Matrix_Multiplication:
16, #omp target teams loop
16, Generating "nvkernel_Matrix_Multiplication_F1L16_2" GPU kernel
Generating NVIDIA GPU code
16, Loop parallelized across teams, threads(128) collapse(2) /* blockIdx.x threadIdx.x */
18, /* blockIdx.x threadIdx.x collapsed */
20, Loop run sequentially
16, Generating Multicore code
16, Loop parallelized across threads
16, Generating implicit map(to:a[:],b[:])
Generating implicit map(from:c[:])
18, Generating implicit private(sum)
20, Loop is parallelizable
main:
53, Generating map(tofrom:a[:N*N],c[:N*N],b[:N*N])
Option 3: !$omp target teams loop num_teams(N) collapse(N)
¶
subroutine Matrix_Multiplication(a, b, c, n)

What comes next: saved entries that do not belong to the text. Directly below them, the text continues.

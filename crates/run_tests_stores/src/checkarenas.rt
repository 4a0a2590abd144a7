//! Indices that are rebuilt, and arenas that are checked, over partitions in memory: what is printed,
//! the status, and the line on the fault sink.

use std::alloc::{AllocError, Global};
use std::test::Fail;
use vt_base::{Scorer, Sha1Scorer};
use vt_host_memory::messages::OUR_LINE;
use vt_host_memory::{
    Act, Given, ONE_ARENA, Partitions, Row, Runtime, THIRD_BYTE, TWO_ARENAS, Talk, Told, do_acts,
    failing_store, made, numbered, run, see_row, see_rows, see_talk, told,
};
use vt_rows::Rows;

// ---- arenas

const CHECK: &[&str] = &["checkarenas", "small.conf"];

/// One block is written; and then a byte of it is changed.
const SOUND: &[Row] = &[
    (
        &["write", "small.conf", "13"],
        &[b"abc"],
        0,
        &[b"a9993e364706816aba3e25717850c26c9cd0d89d\n"],
        "",
    ),
    (
        CHECK,
        &[],
        0,
        &[
            b"arena 0: 1 clumps, 41 bytes, unsealed, ok\n",
            b"arena 1: 0 clumps, 0 bytes, unsealed, ok\n",
        ],
        "",
    ),
    (
        &["buildindex", "small.conf"],
        &[],
        0,
        &[b"buildindex: 1 blocks\n"],
        "",
    ),
    (
        &["checkarenas", "x.conf"],
        &[],
        6,
        &[],
        "venti: read fault\n",
    ),
    (
        &["buildindex", "none.conf"],
        &[],
        4,
        &[],
        "venti: disk fault\n",
    ),
];

/// The first arena is damaged; the other one has no blocks.
const DAMAGED: &[Row] = &[(
    CHECK,
    &[],
    9,
    &[
        b"arena 0: 1 clumps, 41 bytes, unsealed, damaged\n",
        b"arena 1: 0 clumps, 0 bytes, unsealed, ok\n",
    ],
    "venti: damaged: want a9993e364706816aba3e25717850c26c9cd0d89d, found \
    cb4cc28df0fdbe0ecf9d9662e294b118092a5735\n",
)];

/// A new store is checked before and behind a change of a byte on its disk.
const CHECKED: &[Act] = &[
    Act::Make(TWO_ARENAS),
    Act::See(told!("arenas that are sound"), SOUND),
    Act::Spoil("a.part", THIRD_BYTE, b"d"),
    Act::See(told!("arenas of which one is damaged"), DAMAGED),
];

#[test]
fn each_arena_has_its_line(rt: HostRuntime) -> Result<(), Fail> {
    let mut rows = Rows::new();
    do_acts(&rt, &mut rows, CHECKED)?;
    rows.all()?;
    Ok(())
}

/// A sink that takes less than the lines ends them.
#[test]
fn a_sink_may_take_no_more(rt: HostRuntime) -> Result<(), Fail> {
    let mut rows = Rows::new();
    let mut parts = made(&rt, &mut rows, TWO_ARENAS)?;
    let given = Given {
        room: 20,
        ..Given::new(CHECK, &[])
    };
    let ran = run(&rt, &mut parts, &given)?;
    rows.is("the status", ran.status == 7);
    rows.is(
        "no more is written than the sink takes",
        ran.output.len() <= 20,
    );
    rows.all()?;
    Ok(())
}

// ---- an index that is lost

/// The section, of which all bytes are lost, is made anew, and its index is rebuilt.
const REBUILT: &[Row] = &[
    (
        &["session", "small.conf"],
        &[],
        3,
        &[],
        "venti: i.part: not formatted\n",
    ),
    (
        &["fmtisect", "i.part", "i0", "92160"],
        &[],
        0,
        &[b"fmtisect i0: 4 buckets\n"],
        "",
    ),
    (
        &["fmtindex", "small.conf"],
        &[],
        0,
        &[b"fmtindex main: 4 buckets in 1 sections\n"],
        "",
    ),
    (
        &["buildindex", "small.conf"],
        &[],
        0,
        &[b"buildindex: 248 blocks\n"],
        "",
    ),
];

/// A session that reads the blocks with the numbers below this one.
fn reads(alloc: Global, count: u16) -> Result<Talk, AllocError> {
    let mut talk = Talk::greeted(alloc)?;
    for number in 0..count {
        read(&mut talk, &numbered(number))?;
    }
    Ok(talk)
}

/// This block of three bytes is read.
fn read(talk: &mut Talk, block: &[u8]) -> Result<(), AllocError> {
    let score = Sha1Scorer.score(block);
    talk.say(
        &[b"\x00\x1a\x0c\x02", &score.0, b"\x0d\x00\x00\x03"],
        &[b"\x00\x05\x0d\x02", block],
    )
}

const SESSION: &[&str] = &["session", "small.conf"];

const WRITES: Told = told!("a session that fills a store");

const READS: Told = told!("a session that reads each block");

const LOST: Told = told!("a section that is lost, and rebuilt");

/// The section is lost, and rebuilt.
fn lose_and_rebuild(
    rt: &impl Runtime,
    rows: &mut Rows,
    parts: &mut Partitions,
) -> Result<(), AllocError> {
    let zeros = vec![in rt.alloc(); 0u8; 92_160]?;
    let is_lost = parts.spoil(rt.alloc(), "i.part", 0, &zeros)?;
    rows.is("the section is lost", is_lost);
    see_rows(rt, rows, parts, &LOST, REBUILT)
}

/// Both arenas are full, and each block is found as before.
#[test]
fn a_lost_index_is_rebuilt(rt: HostRuntime) -> Result<(), Fail> {
    let mut rows = Rows::new();
    let written = Talk::many(rt.alloc(), 248)?;
    let read = reads(rt.alloc(), 248)?;
    let mut parts = made(&rt, &mut rows, TWO_ARENAS)?;
    see_talk(&rt, &mut rows, &mut parts, &WRITES, 0, SESSION, &written)?;
    see_talk(&rt, &mut rows, &mut parts, &READS, 0, SESSION, &read)?;
    lose_and_rebuild(&rt, &mut rows, &mut parts)?;
    see_talk(&rt, &mut rows, &mut parts, &READS, 1, SESSION, &read)?;
    rows.all()?;
    Ok(())
}

// ---- an index that has no room

/// Of a section of one bucket nothing is put to use, where that has no room for all blocks.
const FULL: &[Row] = &[
    (
        &["fmtisect", "j.part", "j0", "41472"],
        &[],
        0,
        &[b"fmtisect j0: 1 buckets\n"],
        "",
    ),
    (
        &["buildindex", "next.conf"],
        &[],
        10,
        &[],
        "venti: index full\n",
    ),
    (
        &["checkarenas", "next.conf"],
        &[],
        3,
        &[],
        "venti: j.part: state is 0, want 1\n",
    ),
];

const NO_ROOM: Told = told!("a section that has no room");

/// There is one block more than a bucket takes.
#[test]
fn an_index_may_have_no_room(rt: HostRuntime) -> Result<(), Fail> {
    let mut rows = Rows::new();
    let written = Talk::many(rt.alloc(), 264)?;
    let mut parts = made(&rt, &mut rows, ONE_ARENA)?;
    see_talk(&rt, &mut rows, &mut parts, &WRITES, 0, SESSION, &written)?;
    see_rows(&rt, &mut rows, &mut parts, &NO_ROOM, FULL)?;
    rows.all()?;
    Ok(())
}

// ---- an index that is half rebuilt

/// The call of the section that fails: behind those that make it and put it to use, and those by
/// which its head says that it is being built.
const FAILING: u64 = 39;

/// What is told of a section that is being built.
const STATE: &str = "venti: i.part: state is 2, want 1: run buildindex\n";

/// The score of `abc`, by SHA-1.
const SCORE: &str = "a9993e364706816aba3e25717850c26c9cd0d89d";

/// Then nothing else is done before the index is rebuilt or made anew.
const STOPPED: &[Row] = &[
    (
        &["buildindex", "v.conf"],
        &[],
        4,
        &[],
        "venti: disk fault\n",
    ),
    (&["session", "v.conf"], &[], 3, &[], STATE),
    (&["read", "v.conf", SCORE, "13"], &[], 3, &[], STATE),
    (&["write", "v.conf", "13"], &[], 3, &[], STATE),
    (&["vac", "v.conf", "nowhere"], &[], 3, &[], STATE),
    (&["vacfs", "v.conf", SCORE], &[], 3, &[], STATE),
    (&["checkarenas", "v.conf"], &[], 3, &[], STATE),
];

/// The two commands by which it is in use again.
const BEHIND: [Row; 2] = [
    (
        &["buildindex", "v.conf"],
        &[],
        0,
        &[b"buildindex: 0 blocks\n"],
        "",
    ),
    (
        &["fmtindex", "v.conf"],
        &[],
        0,
        &[b"fmtindex main: 1 buckets in 1 sections\n"],
        "",
    ),
];

/// It is in use, and has no blocks.
const USED: &[Row] = &[
    (
        &["checkarenas", "v.conf"],
        &[],
        0,
        &[b"arena 0: 0 clumps, 0 bytes, unsealed, ok\n"],
        "",
    ),
    (&["session", "v.conf"], &[], 0, &[OUR_LINE], ""),
];

const HALF: Told = told!("an index that is half rebuilt");

const ANEW: Told = told!("an index that is made anew");

const USES: Told = told!("an index that was made anew");

/// A store whose index is half rebuilt is in use again behind this command.
fn see_stopped(
    rt: &impl Runtime,
    rows: &mut Rows,
    number: usize,
    behind: &Row,
) -> Result<(), AllocError> {
    let Some(mut parts) = failing_store(rt, rows, 1, FAILING, 1)? else {
        rows.is("a store is made", false);
        return Ok(());
    };
    see_rows(rt, rows, &mut parts, &HALF, STOPPED)?;
    see_row(rt, rows, &mut parts, &ANEW, number, behind)?;
    see_rows(rt, rows, &mut parts, &USES, USED)
}

#[test]
fn a_stopped_index_is_made_anew(rt: HostRuntime) -> Result<(), Fail> {
    let mut rows = Rows::new();
    for (number, behind) in BEHIND.iter().enumerate() {
        see_stopped(&rt, &mut rows, number, behind)?;
    }
    rows.all()?;
    Ok(())
}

real(8), intent(in) :: a(n, n), b(n, n)
real(8), intent(out) :: c(n, n)
integer :: row, col, i
real(8) :: sum
!$omp target teams loop num_teams(5) collapse(2) private(row, col, i)
do row = 1, n
do col = 1, n
sum = 0.0
do i = 1, n
sum = sum + a(row, i) * b(i, col)
end do
c(row, col) = sum
end do
end do
!$omp end target teams loop
end subroutine
Compilation Output Explanation:¶
num_teams(5)
: Creates five teams for distributed execution.collapse(2)
: Combines row and col loops for improved load balancing.private(row, col, i)
: Prevents race conditions by assigning separate variables to each team.
Matrix_Multiplication:
16, #omp target teams loop num_teams(5)
16, Generating "nvkernel_Matrix_Multiplication_F1L16_2" GPU kernel
Generating NVIDIA GPU code
16, Loop parallelized across teams(5), threads(128) collapse(2) blockIdx.x threadIdx.x */
18, /* blockIdx.x threadIdx.x collapsed */
20, Loop run sequentially
16, Generating Multicore code
16, Loop parallelized across threads
16, Generating implicit map(to:a[:],b[:])
Generating implicit map(from:c[:])
18, Generating implicit private(sum)
20, Loop is parallelizable
main:
53, Generating map(tofrom:a[:N*N],c[:N*N],b[:N*N])
Summary¶
These options for matrix multiplication using OpenMP offloading provide several ways to leverage GPUs for efficient parallel computation:
- Collapse Clauses: By collapsing loops with collapse(2), the code merges outer loops into one, maximizing parallelism and balancing workloads.
- Teams and Threads: Variants like target parallel for and target teams distribute allow users to control workload distribution across threads and teams, optimizing GPU resource use.
- Data Mapping: Each example uses data mapping to efficiently manage memory transfers between host and device, which is crucial for performance on heterogeneous systems.
Each approach provides unique trade-offs in resource utilization, parallelism, and memory handling, enabling developers to tailor code to the specific architecture and problem size.